Test3 is up which has been a huge help already, for a) quickly verifying breaking changes in dev against what was working before. and b) as a backup remote backend when dev3 goes down. Also, the product / qa team has already stated testing against my proposed requirements ruberic to give some idea of stoplight-status as project progresses. Next steps here are to push to test regularly, record a smoke test and image number, and promote passing images to demo
Demo is up and looks fairly recent, and is pre populated with data. I think this is a great improvement over last few months, when it was stale since about March.

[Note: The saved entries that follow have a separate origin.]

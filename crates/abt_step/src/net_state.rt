//! The state of a net.
ghost use Rattle.std.specs.Prelude.{◌≡◌, ◌≤◌, List, IfOk, Some, length};
ghost use Rattle.abt_model.specs.Past.{facts_of};
ghost use Rattle.abt_model.specs.Run.{facts_after};
ghost use Rattle.abt_model.specs.Traces.{capacities_after, held_along, held_after, rates_after, totals_after};
ghost use Rattle.abt_model.specs.declared.event.Event.{Event as EventSpec};
ghost use Rattle.abt_net.specs.Topology.{Topology, conn_at};
ghost use Rattle.abt_world.specs.Standing.{StandsFor};
ghost use Rattle.abt_step.specs.NetStates.{state_after};

use abt_model::Sequence;
use abt_net::{Conn, Net};
use abt_rate::Rate;
use abt_world::World;
use std::alloc::{AllocError, Global};

/// The state of a net behind some events. Rates and capacities are units of 1/512 cell/s.
#[derive(Debug, Drop)]
pub struct NetState {
    /// The rate at which each connection's source shapes.
    pub rates: Sequence<Rate>,
    /// For each connection, what each hop of its path holds for it, the first hop's first.
    pub held: Sequence<Sequence<Rate>>,
    /// The sum of what each port holds.
    pub totals: Sequence<u64>,
    /// The capacity of each port.
    pub capacities: Sequence<u64>,
}

// The state of a net at work.
pub(crate) fn state_of(alloc: Global, net: &Net, world: &World<'_>) -> Result<NetState, AllocError>
    ensures { (events : List EventSpec) → StandsFor net.now events world.now →
        IfOk result (λ state. state ≡ state_after net.now (facts_after net.now events)) }
{
    Ok(NetState {
        rates: rates_of(alloc, net, world)?,
        held: held_of(alloc, net, world)?,
        totals: totals_of(alloc, net, world)?,
        capacities: capacities_of(alloc, net, world)?,
    })
}

// The rate of each source.
fn rates_of(alloc: Global, net: &Net, world: &World<'_>) -> Result<Sequence<Rate>, AllocError>
    ensures { (events : List EventSpec) → StandsFor net.now events world.now →
        IfOk result (λ rates. rates ≡ rates_after net.now (facts_after net.now events)) }
{
    let conns = net.conns();
    let mut rates = Sequence::new(alloc);
    for conn in 0..conns.len() {
        rates.push(world.rate(conn as u16).unwrap_or(Rate::ZERO))?;
    }
    Ok(rates)
}

// What the hops of each path hold.
fn held_of(
    alloc: Global,
    net: &Net,
    world: &World<'_>,
) -> Result<Sequence<Sequence<Rate>>, AllocError>
    ensures { (events : List EventSpec) → StandsFor net.now events world.now →
        IfOk result (λ held. held ≡ held_after net.now (facts_after net.now events)) }
{
    let conns = net.conns();
    let mut held = Sequence::new(alloc);
    for conn in 0..conns.len() {
        held.push(held_along(alloc, conn as u16, &conns[conn], world)?)?;
    }
    Ok(held)
}

// What the hops of the path of a connection hold.
fn held_along(
    alloc: Global,
    place: u16,
    conn: &Conn,
    world: &World<'_>,
) -> Result<Sequence<Rate>, AllocError>
    requires { length conn.now.path ≤ u16.MAX }
    ensures { (net : Topology) (events : List EventSpec) → StandsFor net events world.now →
        conn_at net place ≡ Some conn.now →
        IfOk result (λ held. held ≡ held_along (facts_of place (facts_after net events)) conn.now.path) }
{
    let path = conn.path.as_slice();
    let mut held = Sequence::new(alloc);
    for before in 0..path.len() {
        held.push(world.held(place, before as u16 + 1).unwrap_or(Rate::ZERO))?;
    }
    Ok(held)
}

// The sum of each port.
fn totals_of(alloc: Global, net: &Net, world: &World<'_>) -> Result<Sequence<u64>, AllocError>
    ensures { (events : List EventSpec) → StandsFor net.now events world.now →
        IfOk result (λ totals. totals ≡ totals_after net.now (facts_after net.now events)) }
{
    let ports = net.capacities();
    let mut totals = Sequence::new(alloc);
    for port in 0..ports.len() {
        totals.push(world.total(port as u16).unwrap_or(0))?;
    }
    Ok(totals)
}

// The capacity of each port.
fn capacities_of(alloc: Global, net: &Net, world: &World<'_>) -> Result<Sequence<u64>, AllocError>
    ensures { (events : List EventSpec) → StandsFor net.now events world.now →
        IfOk result (λ capacities. capacities ≡ capacities_after net.now (facts_after net.now events)) }
{
    let ports = net.capacities();
    let mut capacities = Sequence::new(alloc);
    for port in 0..ports.len() {
        capacities.push(world.capacity(port as u16).unwrap_or(0))?;
    }
    Ok(capacities)
}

It seems like we are starting to have the infrastructure pieces in place and now the goal is to fine-tune the process so that we are shipping constantly. In order to do that the next steps are

Dial in the local docker setup so that FE devs are never blocked and have consistent build environments with no external dependencies to run as sandboxes. This will help isolate network and package load issues, and allow more disruptive test configurations (making many changes to the database).
Focus on integration testing both with the QA test-3refapp and by bringing cypress ci tests to github actions once we merge monorepos. A good example of we have tests but they don’t catch the right thing yet, the patient-registration app has broken several times in the last few months even when all CI tests are green. Adding a combination of the two testing methods above will allow us to catch better bugs so that registration doesn’t keep breaking, which will ultimately allow us to develop faster
Test regularly on test3, record the results, and then promote successful candidates to demo. Using the process will help us get better at it, and hopefully brings much needed transparency as to the state of O3

Maybe I put this into a nice bullet point list, but there is a ton of work to do here, both for setting up the infrastructure and for the ongoing maintenance once it is running. DevOps affects many many stakeholders who all are requiring that CI pipeline have high availability, or else unfortunately can be totally blocked costing teams hundreds of engineer-hours. It is critical we have a dedicated resource here.

Anything to add @ibacher , @raff , @dkayiwa , @dkigen ?

raff · September 29, 2022, 11:49am

I agree it is crucial to have devs not rely entirely on one environment for development (dev3).

We also need to add sourcemaps to O3 frontend image so they are available for debugging issues with o3 frontend as a whole and not just individual components.

We now have installed versions of O3 components listed in dev tool, but it would be great to include a repo link as well for convenience.